Combining Attributes from Joined Sources

Suppose we have one event data source, product_buy, with the column article_id, and an attribute data source, product_attributes, containing columns article_id, name, and description.

You can join the product_attributes data source with the product_buy event source following the process described in the Joining Additional Attributes section. Normally, the attributes would be joined as separate product representations.

Usingshared_entities, you can merge all these attributes into a single entity representation.

🚧

Remember

Shared entities should be defined in the data source to which the attributes are being joined. In this case, it is the event data source product_buy.

Configuration Format:

data_sorces:
  - type: attribute
    name: product_attributes
    data_location:
       database_type: snowflake
       connection_params:
           user: username,
           password: strongpassword123,
           account: xy12345.west-europe.azure,
           database: EXAMPLE_DB,
           schema: EXAMPLE_SCHEMA,
           role: ACCOUNT_ADMIN
        table_name: product_attributes
        
  - type: event
    main_entity_column: use_id
    name: product_buy
    date_column:
       name: timestamp
    data_location:
       database_type: snowflake
       connection_params:
           user: username,
           password: strongpassword123,
           account: xy12345.west-europe.azure,
           database: EXAMPLE_DB,
           schema: EXAMPLE_SCHEMA,
           role: ACCOUNT_ADMIN
        table_name: product_buy
    shared_entities:
      - name: product
        columns: [article_id, [description, [product_attributes]], [name, [product_attributes]]]
        id_column: article_id

The syntax for defining columns is:
[column_from_source_to_which_we_join, [column_from_the_source_being_joined, [name_of_the_source_being_joined]]]


shared_entities Parameters

  • name (str)
    Example: "shared_entity_1"
    A string that specifies the name for the shared entity. This needs to match between event data sources to identify the same shared entity.

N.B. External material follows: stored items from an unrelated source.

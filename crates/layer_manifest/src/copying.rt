//! Copies of manifests, for whoever is to own one.
ghost use Rattle.std.specs.Prelude.{◌≡◌, IfOk};

use crate::manifest::{ChunkInfo, Manifest, TablePart};
use mvcc_keys::{Blob, Items, Memory};
use std::alloc::Global;
use table_descriptors::{Descriptor, Scope};

fn copy_bounds(alloc: Global, bounds: &Option<(Blob, Blob)>) -> Result<Option<(Blob, Blob)>, Memory>
    ensures { IfOk result (λ b. b ≡ bounds.now) }
{
    match bounds {
        Some((least, greatest)) => Ok(Some((least.copy(alloc)?, greatest.copy(alloc)?))),
        None => Ok(None),
    }
}

fn copy_chunk(alloc: Global, chunk: &ChunkInfo) -> Result<ChunkInfo, Memory>
    ensures { IfOk result (λ c. c ≡ chunk.now) }
{
    Ok(ChunkInfo {
        entries: chunk.entries,
        length: chunk.length,
        digest: chunk.digest,
        bounds: copy_bounds(alloc, &chunk.bounds)?,
    })
}

fn copy_chunks(alloc: Global, chunks: &[ChunkInfo]) -> Result<Vec<ChunkInfo>, Memory>
    ensures { IfOk result (λ v. v.items ≡ chunks.now) }
{
    let mut copies = Vec::new(alloc);
    for chunk in chunks {
        copies.push(copy_chunk(alloc, chunk)?)?;
    }
    Ok(copies)
}

fn copy_descriptors(alloc: Global, descriptors: &[Descriptor]) -> Result<Vec<Descriptor>, Memory>
    ensures { IfOk result (λ v. v.items ≡ descriptors.now) }
{
    let mut copies = Vec::new(alloc);
    for descriptor in descriptors {
        copies.push(descriptor.copy(alloc)?)?;
    }
    Ok(copies)
}

fn copy_table(alloc: Global, table: &TablePart) -> Result<TablePart, Memory>
    ensures { IfOk result (λ t. t ≡ table.now) }
{
    Ok(TablePart {
        id: table.id,
        introduced: table.introduced,
        descriptors: Items::from_vec(copy_descriptors(alloc, table.descriptors.as_slice())?),
        chunks: Items::from_vec(copy_chunks(alloc, table.chunks.as_slice())?),
    })
}

fn copy_tables(alloc: Global, tables: &[TablePart]) -> Result<Vec<TablePart>, Memory>
    ensures { IfOk result (λ v. v.items ≡ tables.now) }
{
    let mut copies = Vec::new(alloc);
    for table in tables {
        copies.push(copy_table(alloc, table)?)?;
    }
    Ok(copies)
}

fn copy_scope(alloc: Global, scope: &Scope) -> Result<Scope, Memory>
    ensures { IfOk result (λ s. s ≡ scope.now) }
{
    match scope {
        Scope::Database(name) => Ok(Scope::Database(name.copy(alloc)?)),
        Scope::Tables(ids) => {
            let ids = Vec::from_slice(alloc, ids.as_slice())?;
            Ok(Scope::Tables(Items::from_vec(ids)))
        }
    }
}

impl Manifest {
    /// The same manifest.
    pub fn copy(&self, alloc: Global) -> Result<Manifest, Memory>
        ensures { IfOk result (λ m. m ≡ self.now) }
    {
        Ok(Manifest {
            cluster: self.cluster.copy(alloc)?,
            job: self.job,
            full: self.full,
            start: self.start,
            end: self.end,
            floor: self.floor,
            history: self.history,
            scope: copy_scope(alloc, &self.scope)?,
            tables: Items::from_vec(copy_tables(alloc, self.tables.as_slice())?),
            version: self.version,
        })
    }
}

  • columns (list[str | tuple[str, list[str]]])
    Example: ["col1", ["col2", ["joined"]]]
    A list of columns that compose the shared entity. Columns from the data source where shared entity is defined are provided as a string. Columns form the joined source are provided in the format [col_name,
    [joined_source_name]].

  • id_column (str | tuple[str, list[str]])
    Example: "article_id"
    The main column identifying the shared entity, usually the id or a property with the highest cardinality.